1. How to send Cyrillic (Russian) e-mail from Gmail

Gmail provides two options for sending non-Western-European texts.
By default Gmail tries to "guess" what is the encoding of the text you typed (this is the first option) and then sends your message using that encoding.

If I type Russian text, Gmail figures it out and prepares outgoing message in Russian encoding "Cyrillic(KOI8-R)".

If I type some Russian and some German, Gmail also correctly decides that the encoding should be Unicode(UTF-8).

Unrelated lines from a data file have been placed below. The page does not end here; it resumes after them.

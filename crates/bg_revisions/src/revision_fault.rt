//! Why a revision is refused.
ghost use Rattle.std.specs.Prelude.{◌≡◌};
ghost use Rattle.bg_revisions.specs.declared.revision_fault.RevisionFault.TheVariants.{OutOfMemory};

use std::alloc::{AllocError, AllocFailed};
use thiserror::Error;

/// The reason why a deploy or a report of availability is refused.
#[derive(Clone, Copy, PartialEq, Eq, Debug, Drop, Error)]
pub enum RevisionFault {
    #[error("a name is 1 to 63 lower-case letters, digits and hyphens, with no hyphen at its ends")]
    BadName,
    #[error("a revision has one port for each replica, all distinct and none of them 0")]
    BadPorts,
    #[error("the newest revision already has this name and these ports")]
    SameTemplate,
    #[error("a revision of this name already has other ports")]
    PortsDiffer,
    #[error("64 revisions exist already")]
    TooManyRevisions,
    #[error("no revision has this number")]
    NoSuchRevision,
    #[error("more endpoints are reported than the revision wants")]
    MoreThanDesired,
    #[error("out of memory")]
    OutOfMemory,
}

impl From<AllocError> for RevisionFault {
    ghost from_gives = { λ _ e. e ≡ OutOfMemory };

    fn from(_refused: AllocError) -> RevisionFault {
        RevisionFault::OutOfMemory
    }
}

impl<T: Drop> From<AllocFailed<T>> for RevisionFault {
    ghost from_gives = { λ _ e. e ≡ OutOfMemory };

    fn from(_refused: AllocFailed<T>) -> RevisionFault {
        RevisionFault::OutOfMemory
    }
}
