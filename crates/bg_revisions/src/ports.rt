//! The ports of a revision.
ghost use Rattle.std.specs.Prelude.{◌≡◌, IfOk};

use std::alloc::{AllocError, Global};
use std::marker::Model;

/// The ports at which a revision's endpoints listen, in order. Contracts see them as a list. The value is one
/// pointer wide.
#[derive(Debug)]
pub struct Ports {
    numbers: Box<Vec<u16>>,
}

impl Drop for Ports {
    /// Drops the fields by one call, so that the proofs of what owns a value are short (CONTRIBUTING.md, "What a check costs").
    fn drop(self) {
        let Ports { numbers: _ } = self;
    }
}

impl Model for Ports {
    ghost use Rattle.std.specs.Prelude.{List, ℕ};

    ghost Value = { List ℕ };

    ghost view = { λ p. p.numbers.value.items };
}

impl Ports {
    /// Makes the ports from a copy of `numbers`. The only error is an allocation failure.
    pub fn new(alloc: Global, numbers: &[u16]) -> Result<Ports, AllocError>
        ensures { IfOk result (λ p. p ≡ numbers.now) }
    {
        let copy = numbers.to_vec(alloc)?;
        Ports::from_vec(alloc, copy)
    }

    /// Makes the ports from `numbers` without a copy. The only error is an allocation failure.
    pub fn from_vec(alloc: Global, numbers: Vec<u16>) -> Result<Ports, AllocError>
        ensures { IfOk result (λ p. p ≡ numbers.items) }
    {
        Ok(Ports {
            numbers: Box::new(alloc, numbers)?,
        })
    }

    /// The ports in order.
    pub fn get(&self) -> &[u16]
        ensures { result.now ≡ self.now }
    {
        self.numbers.as_slice()
    }
}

If you don't want to rely on such "guessing" or have problems with it, then there is a second option - click on "Settings" at the top left line of options and on that page go down to the option "Outgoing message encoding" and choose their 2nd one - ask Gmail to use - always - UTF-8 encoding for each and every message you are sending.

Whether a recipient will be able to read such Russian e-mail (where Russian text is represented as a text of UTF-8 encoding and not as a text of some Russian encoding) or not depends on the software s/he uses.
Gmail does form correct system header that has encoding specification:
      charset=utf-8

Modern e-mail programs such as Outlook Express, Mozilla (Thunderbird), MS Outlook would show such incoming UTF-8 letter just fine.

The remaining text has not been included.